We see that for every feature, if it had duplicates, we have entries in the list, otherwise, we have empty lists. Let's explore those features with duplicates now:

**Print the number of keys in our dictionary!**

In [33]:
print(len(duplicated_feat_pairs.keys()))

152


**Print the features with its duplicates**

In [34]:
for feat in duplicated_feat_pairs.keys():
    if len(duplicated_feat_pairs[feat]) > 0:
        print(feat, duplicated_feat_pairs[feat])
        print()

var_37 ['var_148']

var_84 ['var_199']

var_143 ['var_296']

var_177 ['var_250']

var_226 ['var_232']

var_229 ['var_269']



**Check var_37 and var_148**

In [35]:
X_train[['var_37', 'var_148']].head(10)

Unnamed: 0,var_37,var_148
17967,0,0
32391,0,0
9341,0,0
7929,0,0
46544,0,0
4149,0,0
33426,0,0
3002,0,0
6974,0,0
16864,0,0


In [36]:
X_train['var_37'].unique()

array([ 0,  3,  6,  9, 12, 21, 33, 15], dtype=int64)

In [37]:
X_train['var_148'].unique()

array([ 0,  3,  6,  9, 12, 21, 33, 15], dtype=int64)

In [38]:
X_train['var_37'].unique() == X_train['var_148'].unique()

array([ True,  True,  True,  True,  True,  True,  True,  True])
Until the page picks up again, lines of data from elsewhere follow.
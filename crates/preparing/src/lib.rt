// Preparing the bodies of a model's equations: where each formula and each term in them ends is found once,
// from the last place to the first.
#![tactic(auto)]

mod codes;

ghost use Rattle.std.specs.Prelude.{◌+◌, ◌≤◌, ◌<◌, ◌≡◌, length};
ghost use Rattle.prepared.specs.Decoded.{body_part};
ghost use Rattle.preparing.specs.Promise.{Prepares};
ghost use Rattle.preparing.specs.Ends.{after, Clear, Cut, Marked};

use codes::{parts_of, width_of};
use formulas::Equation;

// The place after so many formulas and terms in a row.
fn after(body: &[u8], parts: usize, from: usize) -> usize
    ensures { result ≡ after body.now parts from }
{
    let mut end = from;
    for _ in 0..parts {
        end = prepared::end_at(body, end);
    }
    end
}

// Writes where the formula or term at a place ends; of all later places that stands there.
// That a body has at most 256 bytes stands in three contracts: the type of a slice can't say so.
fn mark(body: &[u8], out: &mut [u8], at: usize)
    requires { (at < length body.now) × (length body.now ≤ 256) ×
        Marked body.now out.old (at + 1) }
    ensures { Marked body.now out.new at }
{
    let code = basics::element(body, at);
    let parts = parts_of(code, basics::element(body, at + 2));
    let end = after(out, parts, at + width_of(code));
    let next = end.min(256);
    out[256 + at] = (next - at - 1) as u8;
}

// Writes where each formula and term ends, from the last place to the first.
fn mark_all(body: &[u8], out: &mut [u8])
    requires { (length body.now ≤ 256) × Marked body.now out.old (length body.now) }
    ensures { Marked body.now out.new 0 }
{
    for at in (0..body.len()).rev() {
        mark(body, out, at);
    }
}

// A body is prepared. `out` is a part of all bodies' bytes, a slice: as an array it would have to be tested.
fn prepare_body(body: &[u8], out: &mut [u8])
    requires { (length body.now ≤ 256) × Clear out.old 512 }
    ensures { Marked body.now out.new 0 }
{
    out[..body.len()].copy_from_slice(body);
    mark_all(body, out);
}

// The body of equation number e, cut after 256 bytes.
fn body_of(bodies: &[u8], e: usize, size: usize) -> &[u8]
    requires { e < 8 }
    ensures { Cut (body_part bodies.now e size) result.now }
{
    let from = (e * 256).min(bodies.len());
    let room = size.min(256);
    let to = (from + room).min(bodies.len());
    &bodies[from..to]
}

// The bodies of eight equations are prepared, one after the other.
fn prepare_all(bodies: &[u8], equations: [Equation; 8], all: &mut [u8])
    requires { Clear all.old 4096 }
    ensures { Prepares bodies.now equations all.new }
{
    for e in 0..8 {
        let first = e * 512;
        let body = body_of(bodies, e, equations[e].length);
        prepare_body(body, &mut all[first..first + 512]);
    }
}

// The bodies of eight equations, prepared.
pub fn prepare(bodies: &[u8], equations: [Equation; 8]) -> [u8; 4096]
    ensures { Prepares bodies.now equations result }
{
    let mut all = [0u8; 4096];
    prepare_all(bodies, equations, &mut all);
    all
}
**Explore parts of the dataframe where the values in**

In [39]:
X_train[X_train['var_37'] != 0][['var_37', 'var_148']].head(10)

Unnamed: 0,var_37,var_148
37493,3,3
20251,6,6
4264,6,6
48480,3,3
31607,3,3
41172,3,3
13502,3,3
7759,3,3
46118,3,3
2638,3,3


As we see, these features are indeed identical :)

**Remove the duplicates!**

In [40]:
X_train = X_train[duplicated_feat_pairs.keys()]
X_test = X_test[duplicated_feat_pairs.keys()]
X_train.shape, X_test.shape

((35000, 152), (15000, 152))

We removed 6 features, and finally from **300** features, **152** remained!